In this paper, we consider the following periodic predator-prey
system with infinite delay and stage structure
\begin{equation}
\begin{gathered}
\dot{x_1}=a(t)x_2-b(t)x_1-d(t)x_1^2-p(t)x_1\int_{-\infty}^0k_{12}(s)y(t+s)\,ds,\\
\dot{x_2}=c(t)x_1-f(t)x_2^2,\\
\dot{y}=y\big[-g(t)+h(t)\int_{-\infty}^0k_{21}(s)x_1(t+s)\,ds-q(t)

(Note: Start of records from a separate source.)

use crate::cases::{Case, UPDATE_COPY_MAP, bad, expect, refused, replayed, unhex};
use call_log::LogKind;
use player::Status;
use std::test::Fail;

const TEXT: &[u8] =
    b"d3l1 1\n0 buffer 1 16 0 0 0 0 -\n0 buffer 2 16 3 0 0 0 -\n0 update 1 0 000102030405060708090a0b0c0d0e0f\n0 copy 2 1\n0 map-read 2 0 0 16\nend\n";

const SECOND_BLANK: &[u8] = b"d3l1 1\n0 buffer 1 16 0 0 0 0 -\n0  buffer 2 16 3 0 0 0 -\nend\n";

#[test]
fn asm_and_list(rt: HostRuntime) -> Result<(), Fail> {
    let alloc = rt.alloc();
    let log = unhex(alloc, UPDATE_COPY_MAP)?;
    let asm = replayed(TEXT, &log);
    expect(&rt, alloc, &Case { word: "asm", ..asm })?;
    let list = replayed(&log, TEXT);
    expect(
        &rt,
        alloc,
        &Case {
            word: "list",
            ..list
        },
    )?;
    let front = log.get(..163).ok_or("the log has 164 bytes")?;
    let cut = refused(front, bad(156, LogKind::Truncated));
    expect(
        &rt,
        alloc,
        &Case {
            word: "list",
            ..cut
        },
    )?;
    let blank = refused(SECOND_BLANK, Status::BadText { line: 3 });
    expect(
        &rt,
        alloc,
        &Case {
            word: "asm",
            ..blank
        },
    )?;
    Ok(())
}
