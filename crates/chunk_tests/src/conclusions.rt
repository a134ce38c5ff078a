//! What a caller concludes of the calls that it makes: here the clauses are the tests.

ghost use Rattle.std.specs.Prelude.{◌≡◌, ◌+◌, ◌-◌, ◌<◌, ◌≤◌, [], ◌∷◌, ◌++◌, OnOk, length, replicate, slice_index_or, vec_len};
ghost use Rattle.buffer_blocks.specs.Block.{bytes_of};
ghost use Rattle.buffer_blocks.specs.Written.{written};
ghost use Rattle.staging_pages.specs.Page.{staged};
ghost use Rattle.cs_chunk.specs.Chunk.{entries_of, with_entries};

use buffer_blocks::Block;
use cs_chunk::{Chunk, Entry};
use staging_pages::Page;
use std::alloc::AllocError;

/// Of one block among others, once a part of it was written.
fn fill_part(blocks: &mut Vec<Block>, i: usize, from: u64, to: u64, byte: u8)
    requires element { i < vec_len blocks.old }
    requires order { from ≤ to }
    requires within { (d : Block) → to ≤ length (bytes_of (slice_index_or blocks.old.items i d)) }
    ensures number { (d : Block) → (slice_index_or blocks.new.items i d).number ≡ (slice_index_or blocks.old.items i d).number }
    ensures bytes { (d : Block) → bytes_of (slice_index_or blocks.new.items i d)
        ≡ written (bytes_of (slice_index_or blocks.old.items i d)) from (replicate (to - from) byte) }
{
    blocks[i].part_mut(from, to).fill(byte);
}

/// Of two parts that are written side by side.
pub(crate) fn fill_both(block: &mut Block, at: u64)
    requires { at ≤ length (bytes_of block.old) }
    ensures { bytes_of block.new ≡ written (bytes_of block.old) 0 (replicate at 1 ++ replicate (length (bytes_of block.old) - at) 2) }
{
    let (front, back) = block.part_mut(0, block.len()).split_at_mut(at as usize);
    front.fill(1);
    back.fill(2);
}

/// Of a page, once bytes were staged.
fn stage(page: &mut Page, len: u64, byte: u8)
    requires { page.old.used + len ≤ length (bytes_of page.old.block) }
    ensures page { page.new ≡ staged page.old len (replicate len byte) }
    ensures used { page.new.used ≡ page.old.used + len }
{
    page.take(len).fill(byte);
}

/// Of a chunk that has room.
pub(crate) fn add_within(chunk: &mut Chunk, e: Entry)
    requires { length (entries_of chunk.old) < 64 }
    ensures { chunk.new ≡ with_entries chunk.old (entries_of chunk.old ++ e ∷ []) }
{
    match chunk.add(e) {
        Ok(()) => {}
        Err(_) => unreachable!(),
    }
}

/// Of a chunk whose entries are taken out.
pub(crate) fn take_all(chunk: &mut Chunk, to: &mut Vec<Entry>) -> Result<(), AllocError>
    ensures entries { OnOk result (to.new.items ≡ to.old.items ++ entries_of chunk.old) }
    ensures rest { OnOk result (chunk.new ≡ with_entries chunk.old []) }
{
    'takes: while let Some(e) = chunk.take_entry() {
        to.push(e)?;
    }
    Ok(())
}
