//! Logs of refused calls: each check of each kind of call, at its edge and against the check behind it.

mod buffers;
mod commands;
mod contexts;
mod destroying;
mod maps;
mod queries;
mod setting;
mod shaders;
mod views;

use dx_io::{MemSink, MemSource};
use player::{Status, replay};
use std::alloc::{AllocError, Global};
use std::fmt::Write;
use std::process::Abort;
use std::test::Fail;

/// A log's lines without the first and the last, what they show, and what a run says of them.
pub(crate) struct Row {
    pub(crate) shows: &'static str,
    pub(crate) log: &'static str,
    pub(crate) says: &'static str,
}

const PIECE: usize = 65_536;

// How the top call comes out, and what it writes.
#[derive(Drop)]
struct Ran {
    status: Status,
    output: MemSink,
}

fn run(alloc: Global, word: &str, input: &[u8]) -> Result<Ran, AllocError> {
    let mut words = Vec::new(alloc);
    words.push(String::from_str(alloc, word)?)?;
    let mut source = MemSource::new(input.to_vec(alloc)?, PIECE, Vec::new(alloc));
    let mut output = MemSink::new(alloc, PIECE, Vec::new(alloc));
    let status = replay(alloc, &words, &mut source, &mut output);
    Ok(Ran { status, output })
}

fn log_of(alloc: Global, lines: &str) -> Result<Ran, AllocError> {
    let text = format!(in alloc; "d3l1 1\n{lines}end\n")?;
    run(alloc, "asm", text.as_str().as_bytes())
}

// A log of these lines is played in order with these lines of output.
pub(crate) fn says(
    rt: &impl Abort,
    alloc: Global,
    shows: &str,
    lines: &str,
    output: &str,
) -> Result<(), Fail> {
    let log = log_of(alloc, lines)?;
    assert_eq!(rt; log.status, Status::Done, "{shows}");
    let ran = run(alloc, "ref", log.output.as_slice())?;
    assert_eq!(rt; ran.status, Status::Done, "{shows}");
    assert_eq!(rt; ran.output.as_slice(), output.as_bytes(), "{shows}");
    Ok(())
}

// A row under `ref`, and whether `replay` plays it too, with the same output.
fn plays(rt: &impl Abort, alloc: Global, row: &Row) -> Result<bool, Fail> {
    let log = log_of(alloc, row.log)?;
    assert_eq!(rt; log.status, Status::Done, "{}", row.shows);
    let mut replayed = true;
    for word in ["ref", "replay"] {
        let ran = run(alloc, word, log.output.as_slice())?;
        if word == "replay" && matches!(ran.status, Status::NotBuilt { .. }) {
            replayed = false;
        } else {
            assert_eq!(rt; ran.status, Status::Done, "{}", row.shows);
            assert_eq!(rt; ran.output.as_slice(), row.says.as_bytes(), "{}", row.shows);
        }
    }
    Ok(replayed)
}

// All rows of the tables under `ref`, and at least so many of them under `replay`: the others create a query, a dynamic
// buffer or a predicate in a buffer, or read without waiting.
pub(crate) fn play(
    rt: &impl Abort,
    alloc: Global,
    tables: &[&[Row]],
    least: usize,
) -> Result<(), Fail> {
    let mut replayed: usize = 0;
    for rows in tables {
        for row in *rows {
            if plays(rt, alloc, row)? {
                replayed = replayed.saturating_add(1);
            }
        }
    }
    assert!(rt; replayed >= least, "{replayed} were replayed");
    Ok(())
}

#[test]
fn refused_creations(rt: HostRuntime) -> Result<(), Fail> {
    let tables = [
        &contexts::ROWS[..],
        &buffers::ROWS[..],
        &views::ROWS[..],
        &queries::ROWS[..],
        &destroying::ROWS[..],
    ];
    play(&rt, rt.alloc(), &tables, 25)
}

#[test]
fn refused_commands(rt: HostRuntime) -> Result<(), Fail> {
    let tables = [&setting::ROWS[..], &commands::ROWS[..], &maps::ROWS[..]];
    play(&rt, rt.alloc(), &tables, 10)
}

#[test]
fn refused_with_shaders(rt: HostRuntime) -> Result<(), Fail> {
    for row in &shaders::ROWS {
        says(&rt, rt.alloc(), row.shows, row.log, row.says)?;
    }
    Ok(())
}

#[test]
fn draws(rt: HostRuntime) -> Result<(), Fail> {
    let alloc = rt.alloc();
    for (lines, n) in [
        (
            "0 buffer 1 16 0 0 0 0 -\n0 buffer 2 16 3 0 0 0 -\n0 draw-64 -\n",
            3,
        ),
        ("0 flush\n16 draw-79 00\n0 draw-64 -\n", 2),
    ] {
        let log = log_of(alloc, lines)?;
        for word in ["replay", "ref"] {
            let ran = run(alloc, word, log.output.as_slice())?;
            assert_eq!(rt; ran.status, Status::Unsupported { n });
            assert!(rt; ran.output.as_slice().is_empty());
        }
    }
    Ok(())
}

// Appends creations of buffers with the ids from `first` to `last`, each with the same fields behind the id.
fn push_buffers(lines: &mut String, first: u32, last: u32, fields: &str) -> Result<(), AllocError> {
    for id in first..=last {
        writeln!(lines, "0 buffer {id} {fields} 0 0 -")?;
    }
    Ok(())
}

// Of each class of sizes 32 dynamic buffers are live, and no more. A class goes by the least block that holds the buffer.
#[test]
fn too_many_dynamic(rt: HostRuntime) -> Result<(), Fail> {
    let mut lines = String::new(rt.alloc());
    push_buffers(&mut lines, 1, 31, "256 2 2")?;
    push_buffers(&mut lines, 32, 32, "4 2 2")?;
    lines.push_str(
        "0 buffer 33 4 2 2 0 0 -\n0 buffer 33 256 2 2 0 0 -\n0 buffer 33 260 2 2 0 0 -\n0 buffer 34 256 0 2 0 0 -\n0 destroy 1 5\n0 buffer 5 128 2 2 0 0 -\n0 buffer 35 16 2 1 0 0 -\n",
    )?;
    says(
        &rt,
        rt.alloc(),
        "32 dynamic buffers of a class",
        lines.as_str(),
        "33 refused TooManyDynamic\n34 refused TooManyDynamic\n39 refused TooManyDynamic\nend 39\n",
    )
}

// All live buffers together have 268435456 bytes at most, and what is destroyed is free at once. The bind bits are asked
// before it, and the number of dynamic buffers behind it.
#[test]
fn too_much_memory(rt: HostRuntime) -> Result<(), Fail> {
    let mut lines = String::new(rt.alloc());
    push_buffers(&mut lines, 1, 32, "4194304 2 2")?;
    push_buffers(&mut lines, 33, 40, "16777216 0 0")?;
    lines.push_str(
        "0 buffer 41 4 0 8 0 0 -\n0 buffer 41 4 0 0 0 0 -\n0 buffer 41 4194304 2 2 0 0 -\n0 destroy 1 40\n0 buffer 41 16777216 0 0 0 0 -\n0 destroy 1 41\n0 buffer 41 4194304 2 2 0 0 -\n",
    )?;
    says(
        &rt,
        rt.alloc(),
        "268435456 live bytes",
        lines.as_str(),
        "41 refused BadBind\n42 refused TooMuchMemory\n43 refused TooMuchMemory\n47 refused TooManyDynamic\nend 47\n",
    )
}
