// The command `gen`: the lines on generated logs, and the words that are no such command.
use crate::cases::unhex;
use dx_io::{MemSink, MemSource};
use dx_types::limits::MAX_ROUNDS;
use player::{Status, gen_log, replay};
use std::alloc::Global;
use std::process::Abort;
use std::test::Fail;

// Rounds, their number as a word, the line that `gen` writes, the line that ends the run of the log, and the sum of the
// words of its last readback.
const LINES: [(u32, &str, &str, &str, u64); 4] = [
    (1, "1", "gen 1 calls 15 polls 0 sum 64\n", "end 15\n", 64),
    (
        10,
        "10",
        "gen 10 calls 31 polls 1 sum 640\n",
        "end 31\n",
        640,
    ),
    (
        40,
        "40",
        "gen 40 calls 84 polls 4 sum 2560\n",
        "end 84\n",
        2560,
    ),
    (
        1000,
        "1000",
        "gen 1000 calls 1796 polls 100 sum 64000\n",
        "end 1796\n",
        64000,
    ),
];

// What stands behind `gen` in words that are no command.
const NUMBERS: [&str; 13] = [
    "",
    "0",
    "01",
    "100001",
    "4294967297",
    "18446744073709551617",
    "+1",
    "-1",
    "1 ",
    " 1",
    "1k",
    "0x1",
    "--steps",
];

// The text of the log of one round.
const ONE_ROUND: &str = "\
     d3l1 1\n\
     0 buffer 1 1024 0 4 1 0 -\n\
     0 buffer 2 256 2 2 1 0 -\n\
     0 buffer 3 1024 3 0 0 0 -\n\
     0 buffer 4 16 0 1 0 0 -\n\
     0 view 1 1 1 0 0 0 256\n\
     0 view 2 2 0 0 0 0 64\n\
     0 shader 1 01000000410000000104000040000000010000000100000002020000010000000302000000000000040400000000000000000000000000000504000000000000000000000000000020080000100000000300000001000000020000000000000000000000000000003004000010000000000000000000000012050000100000000000000002000000000000001c080000100000000000000001000000ff0000000000000000000000000000002008000010000000000000000100000002000000000000000000000000000000380e000007000000000100000000000001000000000000000000000000000000000000000100000001000000000000000000000000000000\n\
     0 set-shader 1\n\
     0 set-constant 0 4\n\
     0 set-srv 0 2\n\
     0 set-uav 0 1\n\
     0 map-write 2 0 0 b179379ee817389e1fb6389e5654399e8df2399ec4903a9efb2e3b9e32cd3b9e696b3c9ea0093d9ed7a73d9e0e463e9e45e43e9e7c823f9eb320409eeabe409e215d419e58fb419e8f99429ec637439efdd5439e3474449e6b12459ea2b0459ed94e469e10ed469e478b479e7e29489eb5c7489eec65499e23044a9e5aa24a9e91404b9ec8de4b9eff7c4c9e361b4d9e6db94d9ea4574e9edbf54e9e12944f9e4932509e80d0509eb76e519eee0c529e25ab529e5c49539e93e7539eca85549e0124559e38c2559e6f60569ea6fe569edd9c579e143b589e4bd9589e8277599eb9155a9ef0b35a9e27525b9e5ef05b9e958e5c9ecc2c5d9e03cb5d9e3a695e9e\n\
     0 dispatch 1 1 1\n\
     0 copy 3 1\n\
     0 map-read 3 0 0 1024\n\
     end\n\
     ";

const PIECE: usize = 65_536;

// How the top call comes out, and what it writes.
#[derive(Drop)]
struct Ran {
    status: Status,
    output: MemSink,
}

fn run(alloc: Global, words: &[&str], input: &[u8], failing: u64) -> Result<Ran, Fail> {
    let mut owned = Vec::new(alloc);
    for word in words {
        owned.push(String::from_str(alloc, word)?)?;
    }
    let mut source = MemSource::new(input.to_vec(alloc)?, PIECE, [failing].to_vec(alloc)?);
    let mut output = MemSink::new(alloc, PIECE, [failing].to_vec(alloc)?);
    let status = replay(alloc, &owned, &mut source, &mut output);
    Ok(Ran { status, output })
}

fn log_of(rt: &impl Abort, alloc: Global, rounds: u32) -> Result<Vec<u8>, Fail> {
    assert!(rt; rounds >= 1);
    assert!(rt; rounds <= MAX_ROUNDS);
    Ok(gen_log(alloc, rounds)?)
}

// The digits of 1,024 bytes, which stand at the end of the line before the last.
fn last_digits<'a>(output: &'a [u8], end: &str) -> Option<&'a [u8]> {
    let behind = output.len().checked_sub(end.len())?.checked_sub(1)?;
    output.get(behind.checked_sub(2_048)?..behind)
}

fn sum_of(bytes: &[u8]) -> u64 {
    let mut sum: u64 = 0;
    for i in 0..bytes.len() / 4 {
        let at = 4 * i;
        let word = u32::from_le_bytes([bytes[at], bytes[at + 1], bytes[at + 2], bytes[at + 3]]);
        sum = sum.saturating_add(u64::from(word));
    }
    sum
}

// The lines, of an input that is no log; and the sums in them, by the lines of `ref`.
#[test]
fn summaries(rt: HostRuntime) -> Result<(), Fail> {
    let alloc = rt.alloc();
    for (rounds, number, line, end, sum) in LINES {
        let ran = run(alloc, &["gen", number], b"no log", 0)?;
        assert_eq!(rt; ran.status, Status::Done);
        assert_eq!(rt; ran.output.as_slice(), line.as_bytes());
        let played = run(alloc, &["ref"], &log_of(&rt, alloc, rounds)?, 0)?;
        assert_eq!(rt; played.status, Status::Done);
        let digits = last_digits(played.output.as_slice(), end).ok_or("a line of a readback")?;
        assert_eq!(rt; sum_of(&unhex(alloc, str::from_utf8(digits)?)?), sum);
    }
    Ok(())
}

#[test]
fn one_round(rt: HostRuntime) -> Result<(), Fail> {
    let alloc = rt.alloc();
    let ran = run(alloc, &["list"], &log_of(&rt, alloc, 1)?, 0)?;
    assert_eq!(rt; ran.status, Status::Done);
    assert_eq!(rt; ran.output.as_slice(), ONE_ROUND.as_bytes());
    Ok(())
}

#[test]
fn other_words(rt: HostRuntime) -> Result<(), Fail> {
    let alloc = rt.alloc();
    for number in NUMBERS {
        let ran = run(alloc, &["gen", number], b"", 0)?;
        assert_eq!(rt; ran.status, Status::Usage, "{number}");
        assert!(rt; ran.output.as_slice().is_empty());
    }
    for words in [
        &["gen"][..],
        &["gen", "1", "1"][..],
        &["Gen", "1"][..],
        &["ref", "1"][..],
    ] {
        assert_eq!(rt; run(alloc, words, b"", 0)?.status, Status::Usage);
    }
    let failing = run(alloc, &["gen", "1"], b"", 1)?;
    assert_eq!(rt; failing.status, Status::WriteFault);
    assert!(rt; failing.output.as_slice().is_empty());
    Ok(())
}
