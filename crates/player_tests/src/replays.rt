use crate::cases::{
    Case, EMPTY, UPDATE_COPY_MAP, UPDATE_COPY_MAP_OUTPUT, bad, expect, refused, replayed, unhex,
};
use call_log::{Call, LogKind, put_call, put_end, put_header};
use dx_io::{MemSink, SureSource};
use player::{Status, replay, status_number, status_text};
use std::alloc::{AllocError, Global};
use std::test::Fail;

#[test]
fn worked_logs(rt: HostRuntime) -> Result<(), Fail> {
    let alloc = rt.alloc();
    let empty = unhex(alloc, EMPTY)?;
    let mut log = unhex(alloc, UPDATE_COPY_MAP)?;
    expect(&rt, alloc, &replayed(&empty, b"end 0\n"))?;
    let whole = replayed(&log, UPDATE_COPY_MAP_OUTPUT);
    expect(&rt, alloc, &whole)?;
    expect(&rt, alloc, &Case { most: 1, ..whole })?;
    expect(
        &rt,
        alloc,
        &Case {
            word: "ref",
            ..whole
        },
    )?;
    let cut = log.get(..163).ok_or("the log has 164 bytes")?;
    expect(&rt, alloc, &refused(cut, bad(156, LogKind::Truncated)))?;
    log.push(0)?;
    expect(&rt, alloc, &refused(&log, bad(164, LogKind::Trailing)))?;
    Ok(())
}

#[test]
fn failing_surroundings(rt: HostRuntime) -> Result<(), Fail> {
    let alloc = rt.alloc();
    let log = unhex(alloc, UPDATE_COPY_MAP)?;
    let read_fault = refused(&log, Status::ReadFault);
    expect(
        &rt,
        alloc,
        &Case {
            failing_read: 1,
            ..read_fault
        },
    )?;
    let first_line = &UPDATE_COPY_MAP_OUTPUT[..41];
    for (failing_write, output) in [(1, &b""[..]), (2, first_line)] {
        let case = Case {
            status: Status::WriteFault,
            failing_write,
            ..replayed(&log, output)
        };
        expect(&rt, alloc, &case)?;
    }
    let usage = refused(&log, Status::Usage);
    expect(
        &rt,
        alloc,
        &Case {
            word: "play",
            ..usage
        },
    )?;
    Ok(())
}

fn shader_log(alloc: Global) -> Result<Vec<u8>, AllocError> {
    let mut log = Vec::new(alloc);
    put_header(&mut log)?;
    let minimal = [
        1, 0, 0, 0, 6, 0, 0, 0, 1, 4, 0, 0, 1, 0, 0, 0, 1, 0, 0, 0, 1, 0, 0, 0,
    ];
    put_call(
        &mut log,
        0,
        &Call::CreateShader {
            id: 1,
            words: &minimal,
        },
    )?;
    put_end(&mut log)?;
    Ok(log)
}

#[test]
fn not_built_and_too_long(rt: HostRuntime) -> Result<(), Fail> {
    let alloc = rt.alloc();
    let log = shader_log(alloc)?;
    expect(
        &rt,
        alloc,
        &refused(&log, Status::NotBuilt { n: 1, kind: 3 }),
    )?;
    let mut source = SureSource::new(vec![in alloc; 0u8; 67_108_865]?);
    let mut sink = MemSink::new(alloc, 100, Vec::new(alloc));
    let mut words = Vec::new(alloc);
    words.push(String::from_str(alloc, "replay")?)?;
    let status = replay(alloc, &words, &mut source, &mut sink);
    assert_eq!(rt; status, Status::TooLong);
    assert!(rt; sink.as_slice().is_empty());
    Ok(())
}

// The most calls that a log of 67,108,864 bytes can have: a header of 8 bytes, and 8 for each call and the end.
#[test]
fn longest_log(rt: HostRuntime) -> Result<(), Fail> {
    let alloc = rt.alloc();
    let mut log = Vec::new(alloc);
    put_header(&mut log)?;
    for _ in 0..8_388_606 {
        put_call(&mut log, 0, &Call::Flush)?;
    }
    put_end(&mut log)?;
    assert_eq!(rt; log.len(), 67_108_864);
    let whole = Case {
        most: 1 << 20,
        ..replayed(&log, b"end 8388606\n")
    };
    for word in ["replay", "ref"] {
        expect(&rt, alloc, &Case { word, ..whole })?;
    }
    Ok(())
}

#[test]
fn texts(rt: HostRuntime) -> Result<(), Fail> {
    let alloc = rt.alloc();
    let table = [
        (Status::Done, 0, ""),
        (Status::Usage, 1, "usage"),
        (Status::ReadFault, 2, "read fault"),
        (Status::WriteFault, 3, "write fault"),
        (Status::Unsupported { n: 3 }, 4, "call 3 is a draw"),
        (bad(156, LogKind::Truncated), 5, "Truncated at 156"),
        (Status::TooLong, 6, "longer than 67108864 bytes"),
        (Status::NoMemory, 7, "no memory"),
        (Status::BadText { line: 3 }, 8, "line 3"),
        (
            Status::NotBuilt { n: 1, kind: 3 },
            9,
            "call 1 of kind 3 is not built",
        ),
    ];
    for (status, number, text) in table {
        assert_eq!(rt; status_number(&status), number);
        let said = status_text(alloc, &status)?;
        assert_eq!(rt; said.as_str(), text);
    }
    Ok(())
}
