//! Blocks, which lend their bytes in parts.

use crate::conclusions::fill_both;
use buffer_blocks::Block;
use std::alloc::Global;
use std::process::Abort;
use std::test::Fail;

/// The bytes of a block from one place to just before another.
pub(crate) fn part(block: &Block, from: u64, to: u64) -> Result<&[u8], Fail> {
    if from > to || to > block.len() {
        return Err("the block has no such part".into());
    }
    Ok(block.part(from, to))
}

pub(crate) fn fill(block: &mut Block, from: u64, to: u64, byte: u8) -> Result<(), Fail> {
    if from > to || to > block.len() {
        return Err("the block has no such part".into());
    }
    block.part_mut(from, to).fill(byte);
    Ok(())
}

// All bytes in two parts, 1 before this place and 2 from there on.
fn fill_halves(block: &mut Block, at: u64) -> Result<(), Fail> {
    if at > block.len() {
        return Err("the block is not that long".into());
    }
    let (front, back) = block.split_parts(at);
    front.fill(1);
    back.fill(2);
    Ok(())
}

// The same of one part that is split.
fn fill_split(block: &mut Block, at: u64) -> Result<(), Fail> {
    if at > block.len() {
        return Err("the block is not that long".into());
    }
    fill_both(block, at);
    Ok(())
}

pub(crate) fn has_bytes(rt: &impl Abort, block: &Block, bytes: &[u8]) {
    assert_eq!(rt; block.part(0, block.len()), bytes);
}

fn fills_in_parts(rt: &impl Abort, block: &mut Block) -> Result<(), Fail> {
    has_bytes(rt, block, &[0, 0, 0, 0, 0, 0, 0, 0]);
    fill_halves(block, 3)?;
    has_bytes(rt, block, &[1, 1, 1, 2, 2, 2, 2, 2]);
    assert_eq!(rt; block.len(), 8);
    fill(block, 2, 4, 7)?;
    assert_eq!(rt; part(block, 1, 5)?, [1, 7, 7, 2].as_slice());
    fill_split(block, 5)?;
    has_bytes(rt, block, &[1, 1, 1, 1, 1, 2, 2, 2]);
    Ok(())
}

fn exchanges_its_bytes(rt: &impl Abort, alloc: Global, block: &mut Block) -> Result<(), Fail> {
    let bytes = block.take_bytes();
    assert_eq!(rt; bytes.as_slice(), [1, 1, 1, 1, 1, 2, 2, 2].as_slice());
    assert_eq!(rt; block.len(), 0);
    block.put_bytes([5, 6, 7].to_vec(alloc)?);
    has_bytes(rt, block, &[5, 6, 7]);
    Ok(())
}

#[test]
fn parts_of_a_block(rt: HostRuntime) -> Result<(), Fail> {
    let alloc = rt.alloc();
    let mut block = Block::new(alloc, 3, 8)?;
    assert_eq!(rt; block.number, 3);
    assert_eq!(rt; block.retired, 0);
    assert_eq!(rt; block.len(), 8);
    fills_in_parts(&rt, &mut block)?;
    exchanges_its_bytes(&rt, alloc, &mut block)?;
    assert_eq!(rt; block.number, 3);
    assert_eq!(rt; block.retired, 0);
    Ok(())
}
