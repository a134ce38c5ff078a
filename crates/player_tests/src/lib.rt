//! Runs of the top call: logs with the output and the status that they must have.
#![tactic(auto)]

#[cfg(test)]
mod audits;
#[cfg(test)]
mod cases;
#[cfg(test)]
mod examples;
#[cfg(test)]
mod generated;
#[cfg(test)]
mod refusals;
#[cfg(test)]
mod replays;
#[cfg(test)]
mod shaders;
#[cfg(test)]
mod texts;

\int_{-\infty}^0k_{22}(s)y(t+s)\,ds\big],
\end{gathered} \label{e1}
\end{equation}
where $x_1$ and $x_2$ denote the density of immature and mature population A(prey)
respectively,
 and $y$ is the density of the predator B that prey on $x_1$.
 The coefficients in \eqref{e1} are all
$\omega$-periodic and continuous for $t\geq0$,
$a(t),b(t),c(t),d(t)$ and $f(t)$ are all positive,
 $p(t),h(t)$ and $q(t)$ are nonnegative,  and
 $\int_0^\omega q(t)dt>0$, $\int_0^\omega g(t)dt\geq0$.
 The functions $k_{ij}(s)(i,j=1,2)$ defined on $\mathbb{R}_- =(-\infty,0]$
 are nonnegative and  integrable, $\int_{-\infty}^0 k_{ij}(s)=1$.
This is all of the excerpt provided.